Problem with pytorch multiprocessing

kim135797531 · November 24, 2019, 5:55pm

Current local_evaluation.py doesn’t have if __name__ == "__main__".

It means user can’t share the CUDA tensors between python subprocesses with torch multiprocessing, because we can’t call mp.set_start_method(“forkserver”).

Even we can use multiprocessing, real_robots (0.1.16) never calls end_extrinsic_phase() method, so we have no idea when to terminate our subprocesses. (Maybe bug?)

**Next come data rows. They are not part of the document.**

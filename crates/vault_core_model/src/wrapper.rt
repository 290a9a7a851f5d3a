//! Keepers that hand on what a keeper within them does.
ghost use Rattle.std.specs.Prelude.{◌≡◌, OnOk, false};
ghost use Rattle.std.specs.Borrow.{sem, Lends};
ghost use Rattle.vault_core_model.specs.Halts.{is_device_given};
ghost use Rattle.vault_core_model.specs.Wrapping.{AnswersFor, HasSeen, Wraps};

use crate::change::Change;
use crate::halt::Fault;
use crate::keeper::{Keeper, Sink};
use crate::kept::Kept;
use crate::records::{BucketConfig, Caller, Entry, Head, LastSetting, Note, Settings, Tenures};
use vault_base::content::Content;
use vault_base::moment::Moment;
use vault_base::name::{
    BatchName, BucketName, CallerName, DeptName, KeyPrefix, ObjectKey, VersionId,
};
use vault_rules::plan::Held;
use vault_rules::rule_set::RuleSet;
use vault_tally::row::Row;

/// A read of a keeper, and what it is of. A key, a prefix or a batch stands without its bucket.
#[derive(Clone, Copy)]
pub enum Read<'a> {
    Last,
    NextId,
    Caller(&'a CallerName),
    Dept(&'a DeptName),
    Bucket(&'a BucketName),
    Rules(&'a BucketName),
    Head(&'a ObjectKey),
    Entries(&'a ObjectKey),
    Entry(VersionId),
    Setting(VersionId),
    Settings(VersionId),
    External,
    Content(VersionId),
    Keys(&'a KeyPrefix, u32),
    Ids(&'a ObjectKey, Option<VersionId>, u32),
    Buckets(&'a str, u32),
    Note(&'a BatchName, u32),
    Removed,
    Moves,
    Tenures(VersionId),
    BucketHeld(&'a BucketName),
    Totals(&'a DeptName),
}

/// What hands on what a keeper within it does, and so is a keeper of the same vault.
///
/// It sees each read and change first. It may refuse a change, and answer some reads otherwise where it isn't honest.
pub trait Wrapper: Kept {
    /// The type of the keeper within it.
    type Below: Keeper;

    /// The keeper within it.
    ghost within: { Self → Self.Below };

    /// The same wrapper, over another keeper.
    ghost with_below: { Self → Self.Below → Self };

    /// Lends the keeper within it.
    fn below(&mut self) -> &mut Self::Below
        ensures* writes_back { sem 𝓛 (Lends Self.row Self.Below.row self.entry result (with_below self.entry.now)) }
        ensures value { result.now ≡ within self.old };

    /// How often its device failed, up to the greatest number. A change that it refused with `Device` counts too.
    fn all_faults(&self) -> u64
        ensures { result ≡ Self.count self.now };

    /// Sees what is about to be read.
    fn before_read(&mut self, _read: &Read<'_>)
        ensures { HasSeen Self.Kept within self.old self.new false }
    {}

    /// Sees what is about to be changed. At an error the change isn't handed on.
    fn before_change(&mut self, change: &Change) -> Result<(), Fault>
        ensures seen { HasSeen Self.Kept within self.old self.new (is_device_given result) }
        // It hands a change on only where it is honest, if the keeper within it is.
        ensures passes { OnOk result (Self.Below.is_honest (within self.old) → Self.is_honest self.old) };

    /// The next id that it answers, where the keeper within it answers this.
    fn shown_id(&self, id: Result<u64, Fault>) -> Result<u64, Fault>
        ensures { AnswersFor (Self.is_honest self.now) result id }
    {
        id
    }

    /// The moves that it answers, where the keeper within it answers these.
    fn shown_moves(&self, moves: Result<u32, Fault>) -> Result<u32, Fault>
        ensures { AnswersFor (Self.is_honest self.now) result moves }
    {
        moves
    }

    /// The sums that it answers, where the keeper within it answers these.
    fn shown_totals(&self, totals: Result<Row, Fault>) -> Result<Row, Fault>
        ensures { AnswersFor (Self.is_honest self.now) result totals }
    {
        totals
    }

    /// It keeps what the keeper within it keeps.
    ghost wraps: { Wraps Self.Kept Self.Below.Kept within with_below };
}

impl<W: Wrapper> Keeper for W {
    fn faults(&self) -> u64 {
        self.all_faults()
    }

    fn last(&mut self) -> Result<Moment, Fault> {
        self.before_read(&Read::Last);
        self.below().last()
    }

    fn next_id(&mut self) -> Result<u64, Fault> {
        self.before_read(&Read::NextId);
        let id = self.below().next_id();
        self.shown_id(id)
    }

    fn caller(&mut self, name: &CallerName) -> Result<Option<Caller>, Fault> {
        self.before_read(&Read::Caller(name));
        self.below().caller(name)
    }

    fn dept(&mut self, name: &DeptName) -> Result<bool, Fault> {
        self.before_read(&Read::Dept(name));
        self.below().dept(name)
    }

    fn bucket(&mut self, name: &BucketName) -> Result<Option<BucketConfig>, Fault> {
        self.before_read(&Read::Bucket(name));
        self.below().bucket(name)
    }

    fn rules(&mut self, bucket: &BucketName) -> Result<Option<RuleSet>, Fault> {
        self.before_read(&Read::Rules(bucket));
        self.below().rules(bucket)
    }

    fn head(&mut self, bucket: &BucketName, key: &ObjectKey) -> Result<Option<Head>, Fault> {
        self.before_read(&Read::Head(key));
        self.below().head(bucket, key)
    }

    fn entries(&mut self, bucket: &BucketName, key: &ObjectKey) -> Result<Vec<Held>, Fault> {
        self.before_read(&Read::Entries(key));
        self.below().entries(bucket, key)
    }

    fn entry(&mut self, id: VersionId) -> Result<Option<Entry>, Fault> {
        self.before_read(&Read::Entry(id));
        self.below().entry(id)
    }

    fn setting(&mut self, id: VersionId) -> Result<Option<LastSetting>, Fault> {
        self.before_read(&Read::Setting(id));
        self.below().setting(id)
    }

    fn settings(&mut self, id: VersionId) -> Result<Settings, Fault> {
        self.before_read(&Read::Settings(id));
        self.below().settings(id)
    }

    fn external(&mut self) -> Result<bool, Fault> {
        self.before_read(&Read::External);
        self.below().external()
    }

    fn content(&mut self, id: VersionId) -> Result<Option<Content>, Fault> {
        self.before_read(&Read::Content(id));
        self.below().content(id)
    }

    fn keys(
        &mut self,
        bucket: &BucketName,
        after: &KeyPrefix,
        most: u32,
    ) -> Result<Vec<ObjectKey>, Fault> {
        self.before_read(&Read::Keys(after, most));
        self.below().keys(bucket, after, most)
    }

    fn ids(
        &mut self,
        bucket: &BucketName,
        key: &ObjectKey,
        than: Option<VersionId>,
        most: u32,
    ) -> Result<Vec<VersionId>, Fault> {
        self.before_read(&Read::Ids(key, than.as_ref().copied(), most));
        self.below().ids(bucket, key, than, most)
    }

    fn buckets(&mut self, after: &str, most: u32) -> Result<Vec<BucketName>, Fault> {
        self.before_read(&Read::Buckets(after, most));
        self.below().buckets(after, most)
    }

    fn note(
        &mut self,
        bucket: &BucketName,
        batch: &BatchName,
        line: u32,
    ) -> Result<Option<Note>, Fault> {
        self.before_read(&Read::Note(batch, line));
        self.below().note(bucket, batch, line)
    }

    fn walk_removed<S: Sink>(&mut self, sink: &mut S) -> Result<bool, Fault> {
        self.before_read(&Read::Removed);
        self.below().walk_removed(sink)
    }

    fn moves(&mut self) -> Result<u32, Fault> {
        self.before_read(&Read::Moves);
        let moves = self.below().moves();
        self.shown_moves(moves)
    }

    fn tenures(&mut self, id: VersionId) -> Result<Tenures, Fault> {
        self.before_read(&Read::Tenures(id));
        self.below().tenures(id)
    }

    fn bucket_held(&mut self, bucket: &BucketName) -> Result<(u64, u64), Fault> {
        self.before_read(&Read::BucketHeld(bucket));
        self.below().bucket_held(bucket)
    }

    fn totals(&mut self, dept: &DeptName) -> Result<Row, Fault> {
        self.before_read(&Read::Totals(dept));
        let totals = self.below().totals(dept);
        self.shown_totals(totals)
    }

    fn apply(&mut self, at: Moment, change: &Change) -> Result<(), Fault> {
        self.before_change(change)?;
        self.below().apply(at, change)
    }
}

ec_ai · November 25, 2019, 7:31am

Dear kim135797531,
I am not familiar with mpi.set_start_method, but I see that the reason to use it in main is to ensure it is called only once.
So you might have a workaround by using an an empty file as a lock.
i.e. before you invoke set_start_method you check if the file is present, if it is not, you create it and use set_start_method; otherwise, if the file is present, another process has already called set_start_method.

Even we can use multiprocessing, real_robots (0.1.16) never calls end_extrinsic_phase() method, so we have no idea when to terminate our subprocesses. (Maybe bug?)

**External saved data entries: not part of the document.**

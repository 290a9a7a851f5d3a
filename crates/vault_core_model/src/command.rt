//! What is asked of the vault.
use crate::rights::Rights;
use vault_base::content::Content;
use vault_base::moment::Moment;
use vault_base::name::{
    BatchName, BucketName, CallerName, DeptName, KeyPrefix, ObjectKey, VersionId,
};
use vault_lock::retention::{Default, Retention};
use vault_rules::rule_set::RuleSet;

/// A department to be added.
#[derive(Drop)]
pub struct AddDept {
    pub dept: DeptName,
}

/// A caller to be added.
#[derive(Drop)]
pub struct AddCaller {
    pub caller: CallerName,
    pub dept: Option<DeptName>,
    pub rights: Rights,
}

/// A caller to be closed for good.
#[derive(Drop)]
pub struct CloseCaller {
    pub caller: CallerName,
}

/// A bucket to be added to a department.
#[derive(Drop)]
pub struct AddBucket {
    pub bucket: BucketName,
    pub dept: DeptName,
}

/// A bucket that becomes another department's, with its held content.
#[derive(Drop)]
pub struct MoveBucket {
    pub bucket: BucketName,
    pub dept: DeptName,
}

/// The default retention that a bucket gets; none clears it.
#[derive(Drop)]
pub struct SetDefault {
    pub bucket: BucketName,
    pub default: Option<Default>,
}

/// The default retention of a bucket is asked for.
#[derive(Drop)]
pub struct GetDefault {
    pub bucket: BucketName,
}

/// The lifecycle rules that a bucket gets in place of those it has.
#[derive(Drop)]
pub struct SetRules {
    pub bucket: BucketName,
    pub rules: RuleSet,
}

/// The lifecycle rules of a bucket are asked for.
#[derive(Drop)]
pub struct GetRules {
    pub bucket: BucketName,
}

/// A bucket loses its lifecycle rules.
#[derive(Drop)]
pub struct DropRules {
    pub bucket: BucketName,
}

/// A content version to be admitted. The hold is ON, OFF or not given.
#[derive(Drop)]
pub struct Put {
    pub bucket: BucketName,
    pub key: ObjectKey,
    pub content: Content,
    pub retention: Option<Retention>,
    pub hold: Option<bool>,
}

/// With no id, the current entry is meant.
#[derive(Drop)]
pub struct Get {
    pub bucket: BucketName,
    pub key: ObjectKey,
    pub id: Option<VersionId>,
}

/// A version without its bytes; with no id, the current entry is meant.
#[derive(Drop)]
pub struct Head {
    pub bucket: BucketName,
    pub key: ObjectKey,
    pub id: Option<VersionId>,
}

/// A listing of the held entries of a bucket: keys by their bytes, within a key newest first.
#[derive(Drop)]
pub struct ListVersions {
    pub bucket: BucketName,
    /// Only keys that begin so are listed.
    pub prefix: KeyPrefix,
    /// Only what comes after this key is listed, and with `after_id` also the key's older entries.
    pub after_key: KeyPrefix,
    /// The entry of `after_key` after which the listing begins; with none, after all of them.
    pub after_id: Option<VersionId>,
    /// How many entries are listed at most: 1 to 1,000.
    pub most: u32,
}

/// A key that gets a delete marker on top.
#[derive(Drop)]
pub struct Delete {
    pub bucket: BucketName,
    pub key: ObjectKey,
}

/// An entry to be removed for good.
#[derive(Drop)]
pub struct DeleteVersion {
    pub bucket: BucketName,
    pub key: ObjectKey,
    pub id: VersionId,
    pub bypass: bool,
}

/// The retention that a version gets; its hold is kept. With no id, the current version is meant.
#[derive(Drop)]
pub struct SetRetention {
    pub bucket: BucketName,
    pub key: ObjectKey,
    pub id: Option<VersionId>,
    pub retention: Retention,
    pub bypass: bool,
}

/// The retention of a version; with no id, the current entry is meant.
#[derive(Drop)]
pub struct GetRetention {
    pub bucket: BucketName,
    pub key: ObjectKey,
    pub id: Option<VersionId>,
}

/// Whether a version is on legal hold; its retention is kept. With no id, the current version is meant.
#[derive(Drop)]
pub struct SetHold {
    pub bucket: BucketName,
    pub key: ObjectKey,
    pub id: Option<VersionId>,
    pub hold: bool,
}

/// Whether a version is on legal hold; with no id, the current entry is meant.
#[derive(Drop)]
pub struct GetHold {
    pub bucket: BucketName,
    pub key: ObjectKey,
    pub id: Option<VersionId>,
}

/// A run of the lifecycle rules over a bucket.
#[derive(Drop)]
pub struct Run {
    pub bucket: BucketName,
}

/// A report on a department.
#[derive(Drop)]
pub struct Report {
    pub dept: DeptName,
}

/// A certificate of destruction of a removed content version.
#[derive(Drop)]
pub struct Certificate {
    pub bucket: BucketName,
    pub id: VersionId,
}

/// A line of an intake batch, and the version that it asks for.
#[derive(Drop)]
pub struct Intake {
    pub batch: BatchName,
    /// From 1 on.
    pub line: u32,
    pub put: Put,
}

/// What is asked of the vault.
#[derive(Drop)]
pub enum Command {
    AddDept(AddDept),
    AddCaller(AddCaller),
    CloseCaller(CloseCaller),
    AddBucket(AddBucket),
    MoveBucket(MoveBucket),
    SetDefault(SetDefault),
    GetDefault(GetDefault),
    SetRules(SetRules),
    GetRules(GetRules),
    DropRules(DropRules),
    Put(Put),
    Get(Get),
    Head(Head),
    ListVersions(ListVersions),
    Delete(Delete),
    DeleteVersion(DeleteVersion),
    SetRetention(SetRetention),
    GetRetention(GetRetention),
    SetHold(SetHold),
    GetHold(GetHold),
    Run(Run),
    Report(Report),
    Certificate(Certificate),
    Intake(Intake),
}

/// A command with the reading and the caller that it is given with.
#[derive(Drop)]
pub struct Timed {
    pub at: Moment,
    pub who: CallerName,
    pub command: Command,
}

Yes, it is a bug. I see now that at the end of the extrinsic phase, end_extrinsic_trial() is called again instead of end_extrinsic_phase().
It is too late now to release a fix (it might be disruptive with just a few hours for the final submissions), however you can still catch the end of the extrinsic_phase by detecting when end_extrinsic_trial is called two times in a row
The controller code might be like this:

def start_extrinsic_trial(self):
    self.trial_ends = 0
    pass

def end_extrinsic_trial(self):
    self.trial_ends +=1
    if self.trial_ends > 1:
        self.end_extrinsic_phase()
    pass

def end_extrinsic_phase(self):
    print("Extrinsic phase has ended!")
    pass

kim135797531 · November 26, 2019, 7:30am

Thanks for answers. Python fork method ‘spawn’ or ‘forkserver’ will reload every script when they received request to generate subprocess, leads to unavoidable re-executing of ‘EvaluationService’ for real_robots by separated python interpreter. So making lock file can’t prevent this kind of problem I think.
(https://docs.python.org/3/library/multiprocessing.html)

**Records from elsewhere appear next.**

// The desk tool of document 01: reads lines from standard input and writes a reply to each. What it replies is proved in `desk_line`; here is
// what the system is asked for.
//
// Where reading fails, the lines that had ended are answered and the open one is not, since its end is not known. Where reading or writing
// fails, it stops, standard error says why, and the exit status is not 0.
#![tactic(auto)]

use desk_line::Desk;
use std::io;
use std::io::{Read, Write};

// The desk, room for a piece of the input, and room for the replies to it: 17 bytes for each of its bytes.
#[derive(Drop)]
struct Session {
    desk: Desk,
    piece: [u8; 4096],
    out: [u8; 69632],
}

// Writes all of the bytes at once: whoever types a line waits for its reply.
fn write<W: Write>(writer: &mut W, bytes: &[u8]) -> io::Result<()> {
    writer.write_all(bytes)?;
    writer.flush()
}

impl Session {
    // The session before any input.
    fn new() -> Self {
        Session {
            desk: Desk::new(),
            piece: [0; 4096],
            out: [0; 69632],
        }
    }

    // Reads once and replies to what came; at the end of the input, to the last line. Says whether there may be more to read.
    fn turn<R: Read, W: Write>(&mut self, reader: &mut R, writer: &mut W) -> io::Result<bool> {
        let n = reader.read(&mut self.piece)?;
        if n == 0 {
            write(writer, self.desk.finish().as_slice())?;
            return Ok(false);
        }
        let fed = self.desk.feed(&self.piece[..n], &mut self.out);
        // The piece is taken whole, since each byte of it has its 17 bytes of room.
        prove_eq!(fed.taken, n);
        write(writer, &self.out[..fed.written])?;
        Ok(true)
    }

    // Takes turns to the end of the input. A proved loop has to end, and nothing says that an input does: this one takes no more turns than a
    // number that no run uses up.
    fn run<R: Read, W: Write>(&mut self, reader: &mut R, writer: &mut W) -> io::Result<()> {
        for _ in 0..u64::MAX {
            if !self.turn(reader, writer)? {
                return Ok(());
            }
        }
        Ok(())
    }
}

fn main(rt: HostRuntime) -> io::Result<()> {
    Session::new().run(&mut rt.stdin(), &mut rt.stdout())
}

Anyway, we gave up to train our agent in parallel on the remote scoring environment, since our agent still tend to find ‘Do nothing’ policy

Main challenge of our team was to make our VAE to train environment correctly. Original VAE(or b-VAE, etc.) couldn’t distinguish the objects because of rare interaction.

We tried to make robot arms to approach to objects (by intrinsic algorithm) to make various changes in dataset. Simultaneously, we tried to improve the VAE to learn latent information in rarely changing dataset.

Even we trained with better VAE, training RL with retina and joint positions was difficult. Main reason was that goal images doesn’t include the robot’s shape.

It was great experience to chanllage this competition. Thanks to everyone who opened this challange!